Is there a method to completely remove a package as if it never happened? TIA


----------



## zirias@ (Mar 26, 2021)

`pkg remove` completely removes packages. The only thing it doesn't touch is configuration files (and, if applicable, files that aren't part of the package but created by the software, like some stuff below /var)


----------



## sidney (Mar 26, 2021)

Shoot!  I did `pkg delete <name>' thinking that *had* to be the way to go. I should have RTFM a little better! Thanks


----------



## SirDice (Mar 26, 2021)

pkg-remove(8) and pkg-delete(8) are the same thing (remove is an alias for delete). But yes, somethings aren't removed (or deleted). 

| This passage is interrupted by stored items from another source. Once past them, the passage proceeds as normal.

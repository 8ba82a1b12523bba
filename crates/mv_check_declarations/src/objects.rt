// The objects that declarators declare, and the rules that they break (C11 6.7, 6.7.9).

ghost use Rattle.std.specs.Prelude.{◌≡◌};
ghost use Rattle.mv_check_expressions.specs.Breaches.{if_broken};
ghost use Rattle.mv_check_declarations.specs.Objects.{scalar, sized, is_single, is_unconverted, has_room, is_char, string_fits, is_empty, is_overfull, breaks_extents, least};

use mv_ast::program::{CType, Local};
use mv_check_expressions::rules;
use mv_check_scope::convert::is_void;
use mv_num::kind::Kind;
use mv_syntax::unit::Initial;

/// Which of its rules a declared object breaks.
#[derive(Clone, Copy)]
pub struct Breaches {
    /// The name is declared already, in a way that doesn't go with this.
    pub redeclared: bool,
    /// A value doesn't convert.
    pub unconverted: bool,
    /// It is of type `void`.
    pub void: bool,
    /// It has no size, or no room for its values.
    pub extents: bool,
    /// A block follows.
    pub block: bool,
}

/// A scalar of a type.
pub fn scalar(ctype: CType) -> Local
    ensures { result ≡ scalar ctype }
{
    Local { ctype, size: None }
}

/// An array of a type. One without a size that is at least 1 is of size 0.
pub fn sized(ctype: CType, size: Option<u32>) -> Local
    ensures { result ≡ sized ctype size }
{
    Local {
        ctype,
        size: Some(size.unwrap_or(0)),
    }
}

fn is_single(initial: &Option<Initial>) -> bool
    ensures { result ≡ is_single initial.now }
{
    matches!(initial, Some(Initial::Value(_)))
}

/// Whether a value doesn't convert, of some that all do or not, or is one where an array is initialised. What a `void` object is given
/// needn't convert.
pub fn is_unconverted(local: Local, initial: &Option<Initial>, all: bool) -> bool
    ensures { result ≡ is_unconverted local initial.now all }
{
    !is_void(local.ctype) && (!all || (local.size.is_some() && is_single(initial)))
}

fn has_room(size: Option<u32>, count: usize) -> bool
    ensures { result ≡ has_room size count }
{
    match size {
        None => false,
        Some(size) => count <= size as usize,
    }
}

fn is_char(ctype: CType) -> bool
    ensures { result ≡ is_char ctype }
{
    matches!(ctype, CType::Scalar(Kind::SChar | Kind::UChar))
}

fn string_fits(local: Local, count: usize) -> bool
    ensures { result ≡ string_fits local count }
{
    is_char(local.ctype) && has_room(local.size, count)
}

fn is_empty(size: Option<u32>) -> bool
    ensures { result ≡ is_empty size }
{
    match size {
        None => false,
        Some(size) => size == 0,
    }
}

fn is_overfull(global: bool, local: Local, initial: &Option<Initial>, count: usize) -> bool
    ensures { result ≡ is_overfull global local initial.now count }
{
    match initial {
        Some(Initial::Values(_)) => !has_room(local.size, count),
        Some(Initial::Chars(bytes)) => !(global && string_fits(local, bytes.len())),
        Some(Initial::Value(_)) | None => false,
    }
}

/// Whether an array has no size that is at least 1, or an object no room for what it is given, so many values. A string goes into a
/// global array of a char type.
pub fn breaks_extents(global: bool, local: Local, initial: &Option<Initial>, count: usize) -> bool
    ensures { result ≡ breaks_extents global local initial.now count }
{
    is_empty(local.size) || is_overfull(global, local, initial, count)
}

fn if_broken(broken: bool, rule: u8, others: Option<u8>) -> Option<u8>
    ensures { result ≡ if_broken broken rule others }
{
    if broken { Some(rule) } else { others }
}

/// The least rule that is broken.
#[tactic(auto, unfolding(crate::specs::Objects::least))]
pub fn least(breaches: Breaches) -> Option<u8>
    ensures { result ≡ least breaches }
{
    let found = if_broken(breaches.block, rules::DECLARATIONS, None);
    let found = if_broken(breaches.extents, rules::EXTENTS, found);
    let found = if_broken(breaches.void, rules::VOID, found);
    let found = if_broken(breaches.unconverted, rules::CONVERSIONS, found);
    if_broken(breaches.redeclared, rules::REDECLARATIONS, found)
}
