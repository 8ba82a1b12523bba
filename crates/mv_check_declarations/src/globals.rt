// Objects at file scope (C11 6.7.9, 6.9.2).

ghost use Rattle.std.specs.Prelude.{◌≡◌, ◌++◌, [], ◌∷◌, map, IfOk, OnOk};
ghost use Rattle.mv_ast.specs.declared.program.Form.{out-Form};
ghost use Rattle.mv_ast.specs.Operators.{converted};
ghost use Rattle.mv_check_expressions.specs.Judged.{IsJudged};
ghost use Rattle.mv_check_declarations.specs.Turns.{IsBehind};
ghost use Rattle.mv_check_declarations.specs.Globals.{file_declarator, constant_word, with_word, no_words, first_word, first_words, room_behind, string_words, global_words, values_of_enumeration, default_domain, domain_of};

use crate::attributes::{Attribute, Position, attributes, holder_of, shared};
use crate::declarators::{Entity, designated};
use crate::specifiers::{Specified, scalar_kind};
use mv_ast::operators::converted;
use mv_ast::program::{CType, Expr, Form, Local};
use mv_check_expressions::error::RuleError;
use mv_check_expressions::judge::value;
use mv_check_expressions::rules;
use mv_check_scope::constant::{constant_value, converts};
use mv_check_scope::domain::Domain;
use mv_check_scope::scope::Scope;
use mv_num::list::List;
use mv_syntax::unit::{Declarator, Initial, Node};
use std::alloc::{AllocError, Global};

/// What a declarator at file scope designates, and its attribute.
#[derive(Drop)]
pub struct Designated {
    pub entity: Entity,
    pub attribute: Option<Attribute>,
}

/// What a declarator at file scope designates, with the attribute that it has of its own or of its specifiers.
pub fn file_declarator(
    alloc: Global,
    scope: &mut Scope,
    base: &Specified,
    declarator: &Declarator,
) -> Result<Designated, RuleError>
    ensures { IsBehind (file_declarator base.now declarator.now scope.old) result scope.new }
{
    let entity = designated(alloc, scope, base.ctype, base.fixed, &declarator.shape)?;
    let holder = holder_of(Position::File, base.fixed, declarator);
    let before = shared(&base.attribute)?;
    let kind = scalar_kind(base.ctype);
    let marks = declarator.marks.as_slice();
    let attribute = attributes(alloc, holder, kind, scope, marks, before)?;
    Ok(Designated { entity, attribute })
}

/// The first words of an object, and whether the values that they are of all convert to its type.
#[derive(Drop)]
pub struct Words {
    pub all: bool,
    pub words: List<u32>,
}

// The word of a constant: one more than a function's number, or the value of an integer constant expression. There is no memory for
// the number of a 2^32nd function.
fn constant_word(e: &Expr) -> Result<Option<u32>, AllocError>
    ensures { IfOk result (λ word. word ≡ constant_word e.now) }
{
    match &e.what {
        Form::Function(number) => {
            if *number == 0xFFFF_FFFF {
                Err(AllocError)
            } else {
                Ok(Some(*number + 1))
            }
        }
        _ => Ok(constant_value(e)),
    }
}

fn no_words(alloc: Global) -> Words
    ensures { result ≡ no_words }
{
    Words {
        all: true,
        words: List::new(alloc),
    }
}

fn first_word(
    alloc: Global,
    ctype: CType,
    scope: &Scope,
    node: &Node,
    done: Words,
) -> Result<Words, RuleError>
    ensures { IsJudged (first_word ctype scope.now node.now done) result }
{
    let Words { all, mut words } = done;
    let e = value(alloc, scope, node)?;
    let word = constant_word(&e);
    let all = all && converts(&e, ctype);
    drop(e);
    match word? {
        None => Err(RuleError::Rule(node.place, rules::CONSTANTS)),
        Some(word) => {
            words.push(converted(ctype, word))?;
            Ok(Words { all, words })
        }
    }
}

fn first_words(
    alloc: Global,
    ctype: CType,
    scope: &Scope,
    nodes: &[Node],
) -> Result<Words, RuleError>
    ensures { IsJudged (first_words ctype scope.now nodes.now) result }
{
    let mut done = no_words(alloc);
    for node in nodes {
        done = first_word(alloc, ctype, scope, node, done)?;
    }
    Ok(done)
}

fn room_behind(size: Option<u32>, count: usize) -> bool
    ensures { result ≡ room_behind size count }
{
    match size {
        None => false,
        Some(size) => count < size as usize,
    }
}

fn converted_bytes(alloc: Global, ctype: CType, bytes: &[u8]) -> Result<List<u32>, AllocError>
    ensures { IfOk result (λ words. words ≡ map (converted ctype) bytes.now) }
{
    let mut words = List::new(alloc);
    for byte in bytes {
        words.push(converted(ctype, u32::from(*byte)))?;
    }
    Ok(words)
}

// The characters of a string, and its 0 where there is room for it.
fn string_words(alloc: Global, local: Local, bytes: &[u8]) -> Result<Words, AllocError>
    ensures { IfOk result (λ words. words ≡ string_words local bytes.now) }
{
    let mut words = converted_bytes(alloc, local.ctype, bytes)?;
    if room_behind(local.size, bytes.len()) {
        words.push(0)?;
    }
    Ok(Words { all: true, words })
}

/// The words that a global of a type and size is given.
pub fn global_words(
    alloc: Global,
    local: Local,
    initial: &Option<Initial>,
    scope: &Scope,
) -> Result<Words, RuleError>
    ensures { IsJudged (global_words local initial.now scope.now) result }
{
    match initial {
        None => Ok(no_words(alloc)),
        Some(Initial::Value(node)) => first_word(alloc, local.ctype, scope, node, no_words(alloc)),
        Some(Initial::Values(nodes)) => first_words(alloc, local.ctype, scope, nodes.as_slice()),
        Some(Initial::Chars(bytes)) => {
            let words = string_words(alloc, local, bytes.as_slice())?;
            Ok(words)
        }
    }
}

// 0 and 1, or all values of the enumeration that the declared type is.
fn default_domain(
    alloc: Global,
    scope: &Scope,
    enumeration: Option<u32>,
) -> Result<Domain, AllocError>
    ensures { IfOk result (λ domain. domain ≡ default_domain scope.now enumeration) }
{
    match enumeration {
        None => {
            let values = Vec::from_slice(alloc, &[0, 1])?;
            Domain::of(alloc, List::from_vec(values))
        }
        Some(number) => match scope.enumerations.get(number as usize) {
            None => Domain::of(alloc, List::new(alloc)),
            Some(enumerated) => enumerated.domain(),
        },
    }
}

/// The domain of a switch, by its attribute and the enumeration that its declared type is.
pub fn domain_of(
    alloc: Global,
    scope: &Scope,
    enumeration: Option<u32>,
    attribute: Attribute,
) -> Result<Domain, AllocError>
    ensures { IfOk result (λ domain. domain ≡ domain_of scope.now enumeration attribute) }
{
    match attribute.values {
        Some(domain) => Ok(domain),
        None => default_domain(alloc, scope, enumeration),
    }
}
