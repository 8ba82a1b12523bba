//! Different values.

ghost use Rattle.std.specs.Prelude.{◌≡◌, [], not, IfOk, OnOk};
ghost use Rattle.mv_num.specs.Lists.{is_among};
ghost use Rattle.mv_check_declarations.specs.ValueSets.{with_member};

use mv_num::list::List;
use std::alloc::{AllocError, Global};
use std::collections::BTreeSet;
use std::marker::Model;

/// Values in the order in which they were added, each once. Whether one is there is found in an ordered set, with no search through
/// the others.
#[derive(Drop)]
pub struct ValueSet {
    values: Vec<u32>,
    present: BTreeSet<u32>,
}

impl Model for ValueSet {
    ghost use Rattle.std.specs.Prelude.{ℕ, List};
    ghost use Rattle.mv_check_declarations.specs.ValueSets.{HasEach};

    ghost Value = { List ℕ };

    ghost view = { λ s. s.values.items };

    ghost invariant = { λ s. HasEach s.present.keys s.values.items };
}

impl ValueSet {
    /// No values.
    pub fn new(alloc: Global) -> ValueSet
        ensures { result ≡ [] }
    {
        ValueSet {
            values: Vec::new(alloc),
            present: BTreeSet::new(alloc),
        }
    }

    /// Adds a value at the end, unless it is there. The answer says whether it was new.
    pub fn add(&mut self, value: u32) -> Result<bool, AllocError>
        ensures new { IfOk result (λ new. new ≡ not (is_among value self.old)) }
        ensures added { OnOk result (self.new ≡ with_member self.old value) }
    {
        if self.present.contains(&value) {
            return Ok(false);
        }
        self.values.push(value)?;
        if self.present.insert(value).is_err() {
            self.values.pop();
            return Err(AllocError);
        }
        Ok(true)
    }

    /// The values as a list.
    pub fn to_list(&self, alloc: Global) -> Result<List<u32>, AllocError>
        ensures { IfOk result (λ list. list ≡ self.now) }
    {
        let values = Vec::from_slice(alloc, self.values.as_slice())?;
        Ok(List::from_vec(values))
    }
}
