// The bindings of the attributed functions after an order on these globals.
fn functions_after(
    alloc: Global,
    program: &Program,
    order: Order,
    globals: &List<List<u32>>,
    bindings: &[Binding],
) -> Result<List<Binding>, AllocError>
    ensures { IfOk result (λ bs. bs ≡ ordered_from (is_addressed order.code order.index) (ordered_function program.now order.code globals.now) 0 (attributed_functions program.now) bindings.now) }
{
    let mut after = List::new(alloc);
    let mut number = 0;
    for f in program.functions.as_slice() {
        if !f.attributed {
            continue;
        }
        if number >= bindings.len() {
            return Ok(after);
        }
        let binding = next_binding(alloc, program, order, number, globals, f, bindings[number])?;
        after.push(binding)?;
        number += 1;
    }
    Ok(after)
}

// What an order binds a pointer switch to that had a binding.
fn next_pointer(
    program: &Program,
    order: Order,
    number: usize,
    globals: &List<List<u32>>,
    global: u32,
    old: Binding,
) -> Binding
    ensures { result ≡ (if is_pointer_addressed program.now order.code order.index number global then ordered_pointer (own_numbers program.now) order.code globals.now global else old) }
{
    if !is_pointer_addressed(program, order, number, global) {
        return old;
    }
    if is_commit(order.code) {
        pointed(program, globals, global)
    } else {
        Binding::free()
    }
}

// Adds the bindings of the pointer switches after an order on these globals.
fn add_pointers_after(
    program: &Program,
    order: Order,
    globals: &List<List<u32>>,
    bindings: &[Binding],
    after: &mut List<Binding>,
) -> Result<(), AllocError>
    ensures { OnOk result (after.new ≡ after.old ++ ordered_from (is_pointer_addressed program.now order.code order.index) (ordered_pointer (own_numbers program.now) order.code globals.now) 0 program.now.pointers bindings.now) }
{
    for (number, global) in program.pointers.as_slice().iter().enumerate() {
        if number >= bindings.len() {
            return Ok(());
        }
        after.push(next_pointer(program, order, number, globals, *global, bindings[number]))?;
    }
    Ok(())
}
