// The enumerators of an enum (C11 6.7.2.2).

ghost use Rattle.std.specs.Prelude.{◌≡◌};
ghost use Rattle.mv_check_expressions.specs.Judged.{IsJudged};
ghost use Rattle.mv_check_declarations.specs.Turns.{IsBehind};
ghost use Rattle.mv_check_declarations.specs.Enumerators.{is_taken, given_value, new_enumerator, enumerators};

use crate::constants::{int_of, next_int};
use mv_check_expressions::constant::needed;
use mv_check_expressions::error::RuleError;
use mv_check_expressions::rules;
use mv_check_scope::meaning::Meaning;
use mv_check_scope::scope::Scope;
use mv_num::list::List;
use mv_syntax::place::Place;
use mv_syntax::unit::{Member, Node};
use std::alloc::Global;

/// Whether the innermost block has a name.
pub fn is_taken(scope: &Scope, name: &[u8]) -> bool
    ensures { result ≡ is_taken scope.now name.now }
{
    scope.names.find_here(name).is_some()
}

fn given_value(
    alloc: Global,
    scope: &Scope,
    following: Option<u32>,
    value: &Option<Node>,
) -> Result<Option<u32>, RuleError>
    ensures { IsJudged (given_value scope.now following value.now) result }
{
    match value {
        None => Ok(following),
        Some(node) => {
            let constant = needed(alloc, scope, node)?;
            Ok(int_of(constant))
        }
    }
}

#[tactic(auto, unfolding(crate::specs::Enumerators::new_enumerator))]
fn new_enumerator(
    alloc: Global,
    scope: &mut Scope,
    place: Place,
    name: &[u8],
    value: Option<u32>,
) -> Result<u32, RuleError>
    ensures { IsBehind (new_enumerator place name.now scope.old value) result scope.new }
{
    if is_taken(scope, name) {
        return Err(RuleError::Rule(place, rules::REDECLARATIONS));
    }
    match value {
        None => Err(RuleError::Rule(place, rules::ENUMERATORS)),
        Some(value) => {
            scope.declare(alloc, name, Meaning::Enumerator(value))?;
            Ok(value)
        }
    }
}

/// Declares enumerators, and gives their values.
pub fn enumerators(
    alloc: Global,
    scope: &mut Scope,
    members: &[Member],
) -> Result<List<u32>, RuleError>
    ensures { IsBehind (enumerators members.now scope.old) result scope.new }
{
    let mut values = List::new(alloc);
    let mut following = Some(0);
    for member in members {
        let given = given_value(alloc, scope, following, &member.value)?;
        let value = new_enumerator(alloc, scope, member.place, member.name.bytes(), given)?;
        following = next_int(value);
        values.push(value)?;
    }
    Ok(values)
}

Note that there's effectively no difference between a port and a package. A port builds a package, a package is nothing more than a pre-compiled port. If you don't change options (or change the defaults, like a different Python or MySQL version) then there's really no reason to build from ports.


----------



## sidney (Mar 26, 2021)

SirDice said:


> pkg-remove(8) and pkg-delete(8) are the same thing (remove is an alias for delete). But yes, somethings aren't removed (or deleted).
> 
> Note that there's effectively no difference between a port and a package. A port builds a package, a package is nothing more than a pre-compiled port.


Thanks for clarifying!
 But are not ports updated more frequently than packages?

I can't remember if it was emacs or Xorg that I originally installed from pkg, but after I did e.g.  pkg delete Xorg and then ran portmaster to install it again, I never was prompted for anything like usually happens when you cd to the port and do a make install clean. Just wondering where I blew it!!


----------



## zirias@ (Mar 26, 2021)

sidney said:


> But are not ports updated more frequently than packages?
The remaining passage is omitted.